High-strength and high-ductility BCC Mg alloys with synergistic effect of TRIP and TWIP

• Project/Area Number: 18H01691
• Research Category: Grant-in-Aid for Scientific Research (B)
• Allocation Type: Single-year Grants
• Section: 一般
• Review Section: Basic Section 26010:Metallic material properties-related
• Research Institution: Tohoku University
• Principal Investigator: Ando Daisuke 東北大学, 工学研究科, 准教授 (50615820)
• Project Period (FY): 2018-04-01 – 2021-03-31
• Project Status: Completed (Fiscal Year 2020)
• Budget Amount: ¥17,810,000 (Direct Cost: ¥13,700,000、Indirect Cost: ¥4,110,000); Fiscal Year 2020: ¥3,900,000 (Direct Cost: ¥3,000,000、Indirect Cost: ¥900,000); Fiscal Year 2019: ¥4,030,000 (Direct Cost: ¥3,100,000、Indirect Cost: ¥930,000); Fiscal Year 2018: ¥9,880,000 (Direct Cost: ¥7,600,000、Indirect Cost: ¥2,280,000)
• Keywords: マグネシウム / スカンジウム / 相変態 / マルテンサイト / 超弾性 / TRIP / TWIP / マルテンサイト変態 / TRIP/TWIP / 高強度・高延性 / 変形双晶

Outline of Final Research Achievements

Binary Mg-Sc alloys and ternary Mg-Sc-X alloys were investigated using prediction of the transition of phase stability and main deformation mechanism at the d-orbital level method.
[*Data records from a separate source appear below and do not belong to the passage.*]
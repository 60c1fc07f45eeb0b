//! Buffers the lines of answers on a page, and writes the page when it is full.
#![tactic(auto)]

mod page;

pub use page::Page;
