//! Buffers output lines on a page, which is written when it is full.

ghost use Rattle.std.specs.Prelude.{◌≡◌, ◌≤◌, [], ◌∷◌, length};
ghost use Rattle.std.specs.Prelude.{IfOk, OnOk};
ghost use Rattle.request_lang.specs.Grammar.{line_feed};
ghost use Rattle.request_lang.specs.Appending.{few_values};
ghost use Rattle.short_text.specs.Number.{fields};
ghost use Rattle.request_lang.specs.Line.{head_of, line_of, values_in};
ghost use Rattle.request_lang.specs.Closing.{worker_line, total_line};
ghost use Rattle.answer_page.specs.Page.{outgoing, AddsOn, PassesOn, page_bytes, part_values};

use request_lang::{
    Answer, Counts, FEW_VALUES, MAX_PART_BYTES, PART_VALUES, head_text, short_line_text,
    total_text, values_text, worker_text,
};
use short_text::ValueTexts;
use std::alloc::{AllocError, Global};
use std::marker::Model;
use tex_world::{Failed, Sink};

/// A page with this many bytes is full.
const PAGE_BYTES: usize = 65536;

/// The bytes that a page can hold: more than a full one, so that any part of a line still fits.
const ROOM_BYTES: usize = PAGE_BYTES + MAX_PART_BYTES;

/// The lines not yet written, and the texts of numbers. Clauses see the bytes of the lines. A part
/// of a line always fits, so no line allocates.
#[derive(Drop)]
pub struct Page {
    text: Vec<u8>,
    texts: ValueTexts,
}

impl Model for Page {
    ghost use Rattle.std.specs.Prelude.{List, ℕ, ◌≤◌, vec_len, vec_capacity};
    ghost use Rattle.answer_page.specs.Page.{room_bytes};

    ghost Value = { List ℕ };

    ghost view = { λ page. page.text.items };

    ghost invariant = { λ page. (vec_len page.text ≤ room_bytes)
        × (room_bytes ≤ vec_capacity page.text) };
}

impl Page {
    /// An empty page.
    pub fn new(alloc: Global) -> Result<Page, AllocError>
        ensures { IfOk result (λ page. page ≡ []) }
    {
        Ok(Page {
            text: Vec::with_capacity(alloc, ROOM_BYTES)?,
            texts: ValueTexts::new(alloc)?,
        })
    }

    /// Writes everything on the page.
    pub fn put<O: Sink>(&mut self, out: &mut O) -> Result<(), Failed>
        ensures passed { AddsOn [] (outgoing O.Sink self.old out.old)
            (outgoing O.Sink self.new out.new) result }
        ensures empty { OnOk result (self.new ≡ []) }
    {
        out.put(&self.text)?;
        self.text.clear();
        Ok(())
    }

    /// Writes the page if a part of a line might not fit.
    fn make_room<O: Sink>(&mut self, out: &mut O) -> Result<(), Failed>
        ensures passed { AddsOn [] (outgoing O.Sink self.old out.old)
            (outgoing O.Sink self.new out.new) result }
        ensures room { OnOk result (length self.new ≤ page_bytes) }
    {
        if self.text.len() <= PAGE_BYTES {
            return Ok(());
        }
        self.put(out)
    }

    /// Adds the line of an answer. Allocates nothing.
    #[tactic(auto, using(crate::proofs::Passing::adds_passes))]
    pub fn pass<O: Sink>(&mut self, out: &mut O, answer: &Answer) -> Result<(), Failed>
        ensures { PassesOn (line_of answer.now) (outgoing O.Sink self.old out.old)
            (outgoing O.Sink self.new out.new) result }
    {
        if answer.values().len() <= FEW_VALUES {
            return self.pass_short(out, answer);
        }
        self.pass_parts(out, answer)
    }

    /// Adds the line of an answer that ends with at most a few values.
    #[inline(always)]
    fn pass_short<O: Sink>(&mut self, out: &mut O, answer: &Answer) -> Result<(), Failed>
        requires few { length (values_in answer.now) ≤ few_values }
        ensures { AddsOn (line_of answer.now) (outgoing O.Sink self.old out.old)
            (outgoing O.Sink self.new out.new) result }
    {
        self.make_room(out)?;
        if let Err(_refused) = short_line_text(&self.texts, answer, &mut self.text) {
            unreachable!()
        }
        Ok(())
    }

    /// Adds the line of an answer in parts.
    fn pass_parts<O: Sink>(&mut self, out: &mut O, answer: &Answer) -> Result<(), Failed>
        ensures { PassesOn (line_of answer.now) (outgoing O.Sink self.old out.old)
            (outgoing O.Sink self.new out.new) result }
    {
        if let Err(failed) = self.pass_head(out, answer) {
            return Err(failed);
        }
        if let Err(failed) = self.pass_values(out, answer.values()) {
            return Err(failed);
        }
        self.pass_end(out)
    }

    /// Adds a line up to its values.
    fn pass_head<O: Sink>(&mut self, out: &mut O, answer: &Answer) -> Result<(), Failed>
        ensures { AddsOn (head_of answer.now) (outgoing O.Sink self.old out.old)
            (outgoing O.Sink self.new out.new) result }
    {
        self.make_room(out)?;
        if let Err(_refused) = head_text(answer, &mut self.text) {
            unreachable!()
        }
        Ok(())
    }

    /// Adds values, each after a space.
    fn pass_values<O: Sink>(&mut self, out: &mut O, values: &[u16]) -> Result<(), Failed>
        ensures { PassesOn (fields values.now) (outgoing O.Sink self.old out.old)
            (outgoing O.Sink self.new out.new) result }
    {
        let mut rest = values;
        'parts: while !rest.is_empty() {
            let (part, after) = rest.split_at(rest.len().min(PART_VALUES));
            if let Err(failed) = self.pass_part(out, part) {
                return Err(failed);
            }
            rest = after;
        }
        Ok(())
    }

    /// Adds a few values, each after a space.
    fn pass_part<O: Sink>(&mut self, out: &mut O, values: &[u16]) -> Result<(), Failed>
        requires few { length values.now ≤ part_values }
        ensures { AddsOn (fields values.now) (outgoing O.Sink self.old out.old)
            (outgoing O.Sink self.new out.new) result }
    {
        self.make_room(out)?;
        if let Err(_refused) = values_text(&self.texts, values, &mut self.text) {
            unreachable!()
        }
        Ok(())
    }

    /// Ends a line.
    fn pass_end<O: Sink>(&mut self, out: &mut O) -> Result<(), Failed>
        ensures { AddsOn (line_feed ∷ []) (outgoing O.Sink self.old out.old)
            (outgoing O.Sink self.new out.new) result }
    {
        self.make_room(out)?;
        if let Err(_refused) = self.text.push(b'\n') {
            unreachable!()
        }
        Ok(())
    }

    /// Adds the line of a worker. Allocates nothing.
    pub fn pass_worker<O: Sink>(
        &mut self,
        out: &mut O,
        worker: u32,
        counts: Counts,
    ) -> Result<(), Failed>
        ensures { AddsOn (worker_line worker counts) (outgoing O.Sink self.old out.old)
            (outgoing O.Sink self.new out.new) result }
    {
        self.make_room(out)?;
        if let Err(_refused) = worker_text(worker, counts, &mut self.text) {
            unreachable!()
        }
        Ok(())
    }

    /// Adds the line with the numbers of lines and refusals. Allocates nothing.
    pub fn pass_total<O: Sink>(
        &mut self,
        out: &mut O,
        total: u64,
        refused: u64,
    ) -> Result<(), Failed>
        ensures { AddsOn (total_line total refused) (outgoing O.Sink self.old out.old)
            (outgoing O.Sink self.new out.new) result }
    {
        self.make_room(out)?;
        if let Err(_refused) = total_text(total, refused, &mut self.text) {
            unreachable!()
        }
        Ok(())
    }
}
However, we were not able to create a deformation twinning dominant alloy. On the other hand, we have succeeded in creating binary Mg-Sc alloys and ternary Mg-Sc-X alloys that exhibit the TRIP effect due to deformation-induced martensitic transformation. In particular, the alloy with RE (rare earth) element selected as X has the highest strength and ductility balance compared with any of the previously reported Mg-based alloys.
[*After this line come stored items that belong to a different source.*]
ghost use Rattle.std.specs.Prelude.{◌≡◌, IfSome, IsUtf8, None, ℕ, is_some, length, string_bytes};
ghost use Rattle.semver_base.specs.Meaning.{release};
ghost use Rattle.semver_base.specs.Precedence.{precedence_cmp, version_cmp};
ghost use Rattle.semver_base.specs.SortKey.{sort_key};
ghost use Rattle.semver_base.specs.VersionText.{version_text};
ghost use Rattle.semver_req.specs.Requirement.{inner_overlap, inner_text, tag_of};
ghost use Rattle.semver_req.specs.Tag.{is_valid_tag};
ghost use Rattle.deno_semver.specs.ReqOrder.{inner_cmp};
ghost use Rattle.answers.specs.Filtering.{list_matches};
ghost use Rattle.answers.specs.Questions.{Canonical, Displayed, Orders, Overlaps, SortKeyOf, match_of};
ghost use Rattle.answers.specs.Sorting.{SortedLines};
ghost use Rattle.answers.specs.Steps.{Differs};
ghost use Rattle.answers.specs.declared.questions.End.TheVariants as end;
ghost use Rattle.answers.specs.declared.sorting.Order.TheVariants.{Ascending};
ghost use Rattle.node_semver.specs.declared.outside.Side.TheVariants as side;
ghost use Rattle.package_answers.specs.Packages.{IsPackage, PackageParts};
ghost use Rattle.answers.specs.Parts.{RangeParts, VersionParts};
ghost use Rattle.package_answers.specs.Names.{NameWithVersionParts};
ghost use Rattle.package_answers.specs.Specifiers.{DependencyParts, VersionReferenceParts};
ghost use Rattle.answers.specs.Reading.{IsVersionAt};
ghost use Rattle.package_answers.specs.References.{ReferenceParts};
ghost use Rattle.semver_c.specs.Arguments.{pre_release_by};
ghost use Rattle.semver_c.specs.Codes.{IsCode, IsPlaceReply, IsPlaced, IsReply, IsReported, IsUntouched, IsUntouchedWithoutValue, always_yes, as_place, best_code, best_place, bool_code, code_of, filter_code, filter_numbers, lowest_code, lowest_text, match_code, no_place, no_text, number_of, or_message, or_nothing, order_code, text_code, text_of, three_numbers, unqualified_code, yes};
ghost use Rattle.semver_c.specs.Held.{AreHeldScans, IsHeld, IsHeldBest, IsHeldEqual, IsScansCode, OfHeld, of_both, of_one, range_in, scan_at, scan_code, scans_in, version_in, versions_in};
ghost use Rattle.semver_c.specs.Questions.{BestLine, ByOne, ByTwo, CoercesTo, CommonBy, CommonOfAll, EquivalentBy, ErrorsBy, ExplainsBy, ExportNameOf, Filters, Fits, IncrementBy, Lies, LowestBy, MatchesHeld, NumbersOf, OfText, OfTexts, OutsideBy, PackageErrorsBy, RangeBy, ReferenceErrorsOf, SimplifiesBy, SortsOf, TagBy, VersionErrorOf, VersionListOf};
ghost use Rattle.semver_c.specs.declared.codes.Code.{Code};
ghost use Rattle.semver_c.specs.declared.codes.Code.TheVariants as code;

mod arguments;
mod codes;
mod handles;
mod questions;
mod reports;

use answers::explained_json::explain_as_json;
use answers::parts::{range_parts, version_parts};
use answers::questions::{
    End, canonical, displayed, equivalent, lies_outside, matches, overlaps, sort_key,
    version_outside,
};
use arguments::{Problem, ask, pre_release, text_of, with_text, with_texts};
use codes::Code;
use deno_semver::PreRelease;
use deno_semver::npm::is_valid_npm_tag;
use deno_semver::package::cmp_version_reqs;
use handles::{Held, RequirementHandle, ScansHandle, VersionHandle, VersionListHandle};
use node_semver::outside::Side;
use package_answers::names::name_with_version_parts;
use package_answers::packages::package_parts;
use package_answers::references::reference_parts;
use package_answers::specifiers::{dependency_parts, version_reference_parts};
use questions::{
    best_held, best_line, canonical_held, coerced_of, common, common_of_all, difference_of,
    displayed_held, errors_of, export_name_of, filter, filter_held, increment_of, is_tag, key_held,
    lowest, match_code, matches_held, names_tag, numbers_of, order_of, package_errors_of,
    read_list, read_package_of, read_range, read_version, reference_errors_of, simplified_of,
    sorted_held, sorted_lines, version_error_of,
};
use reports::{
    put, put_items, put_place, report_best, report_filter, report_held, report_lowest,
    report_match, report_places, report_problem, report_text, report_text_or_tag,
};
use semver_base::version::release;
use semver_req::laws::equal_requirements;
use std::alloc::Global;
use std::str;

/// Whether the version matches the range: yes, no, or that the range is a tag. Pre-releases match by npm's rule at 0, and
/// wherever they are between the bounds at any other number.
#[unsafe(no_mangle)]
pub extern "C" fn semver_fits(
    alloc: Global,
    grammar: u32,
    range: &[u8],
    version: &[u8],
    pre_releases: u32,
    out: &mut [u8],
    needed: &mut usize,
) -> i32
    ensures { IsReply (Fits pre_releases grammar range.now version.now)
        match_code (or_message no_text) out.old out.new needed.new result }
{
    let answer = ask(
        with_texts(grammar, range, version),
        |given| matches(
            alloc,
            given.flavour,
            pre_release(pre_releases),
            given.one,
            given.other,
        ),
    );
    report_match(answer, out, needed)
}

/// Whether the version is above each version that the range matches: yes, no, or that the range is a tag. Pre-releases match as in
/// `semver_fits`.
#[unsafe(no_mangle)]
pub extern "C" fn semver_above(
    alloc: Global,
    grammar: u32,
    range: &[u8],
    version: &[u8],
    pre_releases: u32,
    out: &mut [u8],
    needed: &mut usize,
) -> i32
    ensures { IsReply (Lies side.Above pre_releases grammar range.now version.now)
        match_code (or_message no_text) out.old out.new needed.new result }
{
    let answer = ask(
        with_texts(grammar, range, version),
        |given| lies_outside(
            alloc,
            Side::Above,
            given.flavour,
            pre_release(pre_releases),
            given.one,
            given.other,
        ),
    );
    report_match(answer, out, needed)
}

/// Whether the version is below each version that the range matches: yes, no, or that the range is a tag. Pre-releases match as in
/// `semver_fits`.
#[unsafe(no_mangle)]
pub extern "C" fn semver_below(
    alloc: Global,
    grammar: u32,
    range: &[u8],
    version: &[u8],
    pre_releases: u32,
    out: &mut [u8],
    needed: &mut usize,
) -> i32
    ensures { IsReply (Lies side.Below pre_releases grammar range.now version.now)
        match_code (or_message no_text) out.old out.new needed.new result }
{
    let answer = ask(
        with_texts(grammar, range, version),
        |given| lies_outside(
            alloc,
            Side::Below,
            given.flavour,
            pre_release(pre_releases),
            given.one,
            given.other,
        ),
    );
    report_match(answer, out, needed)
}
Academic Significance and Societal Importance of the Research Achievements

マグネシウム合金はその軽量さからモバイル電子機器の筐体に用いられている。本研究では、マグネシウム合金の使用用途を広げるために、その強度・延性バランスを向上させる試みを、過去にマグネシウム基では報告例がない（結晶）相変態を用いて実現することを試みた。この成果により、高強度・高延性なMg合金を創製することができ、この合金は航空宇宙産業や医療用途向けの材料として期待できる。